Extracted records:
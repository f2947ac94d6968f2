//! Makers of sequences.
ghost use Rattle.std.specs.Prelude.{◌≡◌, [], All, IfErr, IfOk};
ghost use Rattle.tree_nodes.specs.Fits.{fits_expr_kind};
ghost use Rattle.tree_nodes.specs.Placed.{holds_expr, inner};
ghost use Rattle.tree_nodes.specs.View.{view_expr_kind, view_seq_expr};
ghost use Rattle.base_token.specs.declared.place.Span.{Span};
ghost use Rattle.tree_spec.specs.Tree.{Tree, more, none, seq_expr};
ghost use Rattle.grammar_spec.specs.Reader.Expressions.{extended};
ghost use Rattle.parse_state.specs.Answers.{IsMemory};
ghost use Rattle.parse_operands.specs.Operands.{tree_of};

use base_token::Span;
use parse_operands::Operand;
use parse_operands::made::operand;
use parse_state::Failure;
use parse_state::operators::EXPRESSION;
use std::alloc::Global;
use tree_nodes::{Expr, ExprBox, ExprKind, SeqExpr};

/// A sequence, apart from other expressions.
// For the proof: a function of its own, whose clauses say what a match on all kinds comes to.
fn as_seq(kind: ExprKind) -> Result<SeqExpr, ExprKind>
    requires { fits_expr_kind (λ p. p) kind }
    ensures seq { IfOk result (λ x. view_expr_kind inner kind ≡ view_seq_expr inner x) }
    ensures holds { IfOk result (λ x. All (λ e. holds_expr e.part.value) x.exprs.items) }
    ensures other { IfErr result (λ k. k ≡ kind) }
    ensures apart { IfErr result (λ k. (t : Tree) (n : Span) → extended (view_expr_kind inner k) t n
        ≡ seq_expr n (more (view_expr_kind inner k) (more t none))) }
{
    match kind {
        ExprKind::Seq(node) => Ok(node),
        other => Err(other),
    }
}

/// A sequence with one more expression.
#[tactic(auto, using(parse_operands::proofs::Packs::packs))]
fn more_seq(alloc: Global, span: Span, node: SeqExpr, right: Operand) -> Result<Operand, Failure>
    requires { All (λ e. holds_expr e.part.value) node.exprs.items }
    ensures value { IfOk result (λ o. tree_of o ≡ extended (view_seq_expr inner node) (tree_of right) span) }
    ensures full { IfErr result IsMemory }
{
    let end = right.end;
    let mut exprs = node.exprs;
    exprs.push(right.expr)?;
    operand(
        alloc,
        ExprKind::Seq(SeqExpr { span, exprs }),
        EXPRESSION,
        end,
    )
}

/// A sequence of two expressions.
fn two_seq(alloc: Global, span: Span, kind: ExprKind, right: Operand) -> Result<Operand, Failure>
    requires { fits_expr_kind (λ p. p) kind }
    ensures value { IfOk result (λ o. tree_of o
        ≡ seq_expr span (more (view_expr_kind inner kind) (more (tree_of right) none))) }
    ensures full { IfErr result IsMemory }
{
    let end = right.end;
    let first = ExprBox::new(alloc, Expr { kind })?;
    let mut exprs = Vec::with_capacity(alloc, 2)?;
    exprs.push(first)?;
    exprs.push(right.expr)?;
    operand(
        alloc,
        ExprKind::Seq(SeqExpr { span, exprs }),
        EXPRESSION,
        end,
    )
}

/// A sequence of two expressions, or a longer one where the first is a sequence.
#[inline(never)]
pub fn seq_expr(
    alloc: Global,
    span: Span,
    left: Operand,
    right: Operand,
) -> Result<Operand, Failure>
    ensures value { IfOk result (λ o. tree_of o ≡ extended (tree_of left) (tree_of right) span) }
    ensures full { IfErr result IsMemory }
{
    match as_seq(left.expr.into_inner().kind) {
        Ok(node) => more_seq(alloc, span, node, right),
        Err(kind) => two_seq(alloc, span, kind, right),
    }
}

What to produce →
Output, please, only the lines running from the start of the entries through the line that contains "(λ x. view_expr_kind", including both of those lines.

Exercise answer →
repository f2947ac94d6968f2
//! Makers of sequences.
ghost use Rattle.std.specs.Prelude.{◌≡◌, [], All, IfErr, IfOk};
ghost use Rattle.tree_nodes.specs.Fits.{fits_expr_kind};
ghost use Rattle.tree_nodes.specs.Placed.{holds_expr, inner};
ghost use Rattle.tree_nodes.specs.View.{view_expr_kind, view_seq_expr};
ghost use Rattle.base_token.specs.declared.place.Span.{Span};
ghost use Rattle.tree_spec.specs.Tree.{Tree, more, none, seq_expr};
ghost use Rattle.grammar_spec.specs.Reader.Expressions.{extended};
ghost use Rattle.parse_state.specs.Answers.{IsMemory};
ghost use Rattle.parse_operands.specs.Operands.{tree_of};

use base_token::Span;
use parse_operands::Operand;
use parse_operands::made::operand;
use parse_state::Failure;
use parse_state::operators::EXPRESSION;
use std::alloc::Global;
use tree_nodes::{Expr, ExprBox, ExprKind, SeqExpr};

/// A sequence, apart from other expressions.
// For the proof: a function of its own, whose clauses say what a match on all kinds comes to.
fn as_seq(kind: ExprKind) -> Result<SeqExpr, ExprKind>
    requires { fits_expr_kind (λ p. p) kind }
    ensures seq { IfOk result (λ x. view_expr_kind inner kind ≡ view_seq_expr inner x) }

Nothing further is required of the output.